Band: Pig Destroyer Sub-genre(s): Grindcore, death metal Best known for: Having the most awesome name of any band in any musical genre, ever. For people who like: Intellectual conversation, dumb animalism, bacon Most interesting member: Guitarist Scott Hull: Aside from being in Pig Destroyer, he has a multitude of side bands (most famously Agoraphobic Nosebleed), produces and engineers other bands’ albums at his own studio, Visceral Sound, and maintains a day job doing mysterious computer work for the government. Fun fact: The band has no bass player. Hey, they’re just like the White Stripes! Overview: The fact that Pig Destroyer’s name is so laugh-out-loud obvious in its machsimo, and at the same time intended as a political statement–it’s a euphemism for “cop killer”… Ice-T must be so proud!–perfectly illustrates this Virginia quartet’s central dichotomy: How can anything so violent be so high-minded?

Grindcore, the particular metallic subgenre in which Pig Destroyer specializes, is a loud, aggressive, hook-less, and often atonal form of music, and the genre’s drummers, like PD skinsman Brian Havey, specialize in “blast beats” played as fast as humanly possible. The music is ridiculously speedy in general; with some notable exceptions, songs rarely hit the two minute mark. To the untrained ear Pig Destroyer’s music may sound like little more than noise, lacking any melody whatsoever. The lyrics often indulge in violent and misogynistic fantasies, and grindcore concerts can likewise turn into appropriately violent affairs. The audience for music like this is so small that there’s nothing boardroom-tested about it; these guys do it out of genuine love, especially since there’s no chance of there ever being any real money in grindcore, ever.

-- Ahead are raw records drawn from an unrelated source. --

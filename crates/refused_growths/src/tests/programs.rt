//! Segments, siblings, and the dispatch core.
ghost use Rattle.std.specs.Prelude.{◌<◌, ◌≤◌, All};

use super::made_again;
use super::supply::Supply;
use super::texts::program_of;
use depend_table::table::SiblingTable;
use dispatch_core::dispatch::Core;
use dispatch_core::event::Event;
use dispatch_core::graph::Graph;
use dispatch_core::kernel::{MixKernel, SegResult};
use dispatch_core::replay::{in_order, replay};
use std::alloc::{AllocGlobal, Global};
use std::process::Abort;
use std::test::Fail;
use task_program::AllocFault;
use task_program::program::Program;
use task_program::statement::DependKind::{DependIn, DependInOutSet, DependOut};
use task_program::statement::{DependKind, Item};
use task_segments::cut;
use task_segments::table::SegTable;

pub(super) const WORKED: &[u8] = b"omptasks 1\nwork 5 task { work 3 } work 2 taskwait work 1\n";

fn cut_program(alloc: Global, program: &Program) -> Result<SegTable, AllocFault> {
    cut(alloc, program)
}

fn cut_once_more(alloc: Global, supply: &mut Supply, program: &Program) -> Result<SegTable, Fail> {
    supply.before_call();
    match cut_program(alloc, program) {
        Ok(table) => Ok(table),
        Err(_) => {
            supply.refused();
            Ok(cut_program(alloc, program)?)
        }
    }
}

/// The table of a text's program.
pub(super) fn table_of<H: AllocGlobal + Abort>(
    rt: &H,
    supply: &mut Supply,
    text: &[u8],
) -> Result<SegTable, Fail> {
    let program = program_of(rt, supply, text)?;
    cut_once_more(rt.alloc(), supply, &program)
}

/// The graph of a table, or the table back.
fn graph_in_order(alloc: Global, table: SegTable) -> Result<Graph, SegTable> {
    match in_order(alloc, table) {
        Ok(graph) => Ok(graph),
        Err(fault) => Err(fault.table),
    }
}

/// The worked program's graph. Where an allocation is refused, the table comes back.
pub(super) fn graph_of<H: AllocGlobal + Abort>(rt: &H, supply: &mut Supply) -> Result<Graph, Fail> {
    let table = table_of(rt, supply, WORKED)?;
    supply.before_call();
    match graph_in_order(rt.alloc(), table) {
        Ok(graph) => Ok(graph),
        Err(table) => {
            supply.refused();
            made_again(graph_in_order(rt.alloc(), table))
        }
    }
}

/// The graph is that of the worked program.
pub(super) fn assert_worked(rt: &impl Abort, graph: &Graph) {
    assert_eq!(rt; (graph.len(), graph.edges(), graph.work()), (4, 4, 11));
}

fn copy_of(table: &SegTable) -> Result<SegTable, AllocFault> {
    table.copy()
}

fn copied(supply: &mut Supply, table: &SegTable) -> Result<SegTable, Fail> {
    supply.before_call();
    match copy_of(table) {
        Ok(copy) => Ok(copy),
        Err(_) => {
            supply.refused();
            Ok(copy_of(table)?)
        }
    }
}

/// A table and its copy.
pub(super) fn segments<H: AllocGlobal + Abort>(rt: &H, supply: &mut Supply) -> Result<(), Fail> {
    let table = table_of(
        rt,
        supply,
        b"omptasks 1\ntask depend(in: x) { taskgroup { } }",
    )?;
    let copy = copied(supply, &table)?;
    assert_eq!(rt; (table.len(), table.tasks()), (4, 2));
    assert!(rt; table.same(&copy));
    Ok(())
}

fn on(kind: DependKind, name: u32) -> Item {
    Item { kind, name }
}

fn list_kept(table: &SiblingTable, items: &[Item]) -> Result<Vec<u32>, AllocFault> {
    table.kept_siblings(items)
}

/// The siblings that a new one is kept after, before it is one.
fn kept_siblings(
    supply: &mut Supply,
    table: &SiblingTable,
    items: &[Item],
) -> Result<Vec<u32>, Fail> {
    supply.before_call();
    match list_kept(table, items) {
        Ok(kept) => Ok(kept),
        Err(_) => {
            supply.refused();
            Ok(list_kept(table, items)?)
        }
    }
}

/// A sibling more, and the siblings that it is kept after.
fn created(
    rt: &impl Abort,
    supply: &mut Supply,
    table: &mut SiblingTable,
    task: u32,
    items: &[Item],
    wanted: &[u32],
) -> Result<(), Fail>
    requires { All (λ sibling. sibling.task < task) table.old }
    ensures { All (λ sibling. sibling.task ≤ task) table.new }
{
    let siblings = kept_siblings(supply, table, items)?;
    assert_eq!(rt; siblings.as_slice(), wanted, "before task {task}");
    supply.before_call();
    let kept = match table.generate(task, items) {
        Ok(kept) => kept,
        Err(_) => {
            supply.refused();
            table.generate(task, items)?
        }
    };
    assert_eq!(rt; kept.as_slice(), wanted, "of task {task}");
    assert!(rt; kept.capacity() > kept.len(), "room for one more");
    Ok(())
}

/// A refused sibling leaves the table as it was.
pub(super) fn siblings<H: AllocGlobal + Abort>(rt: &H, supply: &mut Supply) -> Result<(), Fail> {
    supply.before_call();
    let mut table = match SiblingTable::new(rt.alloc()) {
        Ok(table) => table,
        Err(_) => {
            supply.refused();
            SiblingTable::new(rt.alloc())?
        }
    };
    let set = on(DependInOutSet, 0);
    let other = on(DependOut, 1);
    created(rt, supply, &mut table, 1, &[set, other], &[])?;
    created(rt, supply, &mut table, 2, &[set], &[])?;
    created(rt, supply, &mut table, 3, &[on(DependIn, 0)], &[1, 2])?;
    created(rt, supply, &mut table, 4, &[set], &[3])?;
    created(
        rt,
        supply,
        &mut table,
        5,
        &[on(DependOut, 0), other],
        &[1, 4],
    )?;
    Ok(())
}

/// A core over a table, or the table back.
fn new_core(alloc: Global, table: SegTable) -> Result<Core<MixKernel>, SegTable> {
    match Core::new(alloc, table) {
        Ok(core) => Ok(core),
        Err(fault) => Err(fault.table),
    }
}

fn core_of<H: AllocGlobal + Abort>(rt: &H, supply: &mut Supply) -> Result<Core<MixKernel>, Fail> {
    let table = table_of(rt, supply, WORKED)?;
    supply.before_call();
    match new_core(rt.alloc(), table) {
        Ok(core) => Ok(core),
        Err(table) => {
            supply.refused();
            made_again(new_core(rt.alloc(), table))
        }
    }
}

/// Starts the first segment, and answers what it computes.
fn started<H: Abort>(rt: &H, core: &mut Core<MixKernel>) -> Result<SegResult<MixKernel>, Fail> {
    assert_eq!(rt; core.start(0, 0).ok(), Some(0));
    match SegResult::compute(&MixKernel, 0, 5, 0) {
        Ok(outcome) => Ok(outcome),
        Err(_) => Err("a fault".into()),
    }
}

/// The segments that a finish makes ready, or its result back.
fn finish(
    core: &mut Core<MixKernel>,
    outcome: SegResult<MixKernel>,
) -> Result<Vec<u32>, SegResult<MixKernel>> {
    match core.finish(0, outcome) {
        Ok(ready) => Ok(ready),
        Err(refusal) => Err(refusal.result),
    }
}

/// The first segment still runs, and its result is the same.
fn assert_unfinished<H: Abort>(rt: &H, core: &Core<MixKernel>, outcome: &SegResult<MixKernel>) {
    assert_eq!(rt; (core.running(0), core.history().len()), (Some(0), 1));
    assert_eq!(rt; (outcome.segment(), outcome.cost()), (0, 5));
    assert_eq!(rt; (outcome.input(), outcome.value()), (0, 781));
}

fn list_ready(core: &Core<MixKernel>) -> Result<Vec<u32>, AllocFault> {
    core.ready()
}

/// The segments that become ready as the first one ends. A refused finish changes nothing, and its
/// result comes back.
fn finished<H: Abort>(
    rt: &H,
    supply: &mut Supply,
    core: &mut Core<MixKernel>,
) -> Result<Vec<u32>, Fail> {
    let outcome = started(rt, core)?;
    supply.before_call();
    match finish(core, outcome) {
        Ok(ready) => Ok(ready),
        Err(outcome) => {
            supply.refused();
            assert_unfinished(rt, core, &outcome);
            made_again(finish(core, outcome))
        }
    }
}

/// The segments that are ready.
fn ready_of(supply: &mut Supply, core: &Core<MixKernel>) -> Result<Vec<u32>, Fail> {
    supply.before_call();
    match list_ready(core) {
        Ok(ready) => Ok(ready),
        Err(_) => {
            supply.refused();
            Ok(list_ready(core)?)
        }
    }
}

/// The first segment's end makes two more ready.
fn assert_ready<H: Abort>(
    rt: &H,
    supply: &mut Supply,
    core: &mut Core<MixKernel>,
) -> Result<(), Fail> {
    let ready = finished(rt, supply, core)?;
    assert_eq!(rt; ready.as_slice(), [1, 2].as_slice());
    let ready = ready_of(supply, core)?;
    assert_eq!(rt; ready.as_slice(), [1, 2].as_slice());
    Ok(())
}

/// A core whose first segment ends.
pub(super) fn core<H: AllocGlobal + Abort>(rt: &H, supply: &mut Supply) -> Result<(), Fail> {
    let mut core = core_of(rt, supply)?;
    assert_ready(rt, supply, &mut core)
}

/// The core after these events, or the table back.
fn replayed(alloc: Global, table: SegTable, events: &[Event]) -> Result<Core<MixKernel>, SegTable> {
    match replay(alloc, table, events) {
        Ok(core) => Ok(core),
        Err((_, table)) => Err(table),
    }
}

/// A list of events.
fn assert_replayed<H: AllocGlobal + Abort>(rt: &H, supply: &mut Supply) -> Result<(), Fail> {
    let table = table_of(rt, supply, WORKED)?;
    let (worker, segment) = (3, 0);
    let events = [
        Event::Start { worker, segment },
        Event::Finish { worker, segment },
    ];
    supply.before_call();
    let core = match replayed(rt.alloc(), table, &events) {
        Ok(core) => core,
        Err(table) => {
            supply.refused();
            made_again(replayed(rt.alloc(), table, &events))?
        }
    };
    assert_eq!(rt; core.history(), events.as_slice());
    Ok(())
}

/// A run in order, and a list of events.
pub(super) fn given_runs<H: AllocGlobal + Abort>(rt: &H, supply: &mut Supply) -> Result<(), Fail> {
    let graph = graph_of(rt, supply)?;
    assert_worked(rt, &graph);
    assert_replayed(rt, supply)
}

And yet Pig Destroyer are as provocative and intellectual as they are indulgent when it comes to the listener’s inner big dumb brute. The music’s bizarre time signatures and rhythmic shifts attract a hearty amount of music-theory nerds, and screamer/shouter/barker/schizo-dude-on-the-street impersonator J.R. Hayes’ lofty language (on “Terrifyer,” he screeches “She moves across the rose garden suspended in a dark cloud of flies”) allows for hours of scrutinizing. The push and pull that comes from having a post-graduate degree and still wanting to hit someone in the face is what makes this band so fascinating. Pig Destroyer’s music is something of an acquired taste, to be sure, but that’s part of the point: everything about Pig Destroyer is intended to challenge you, shock you, shake you, violently wake you from your stupor.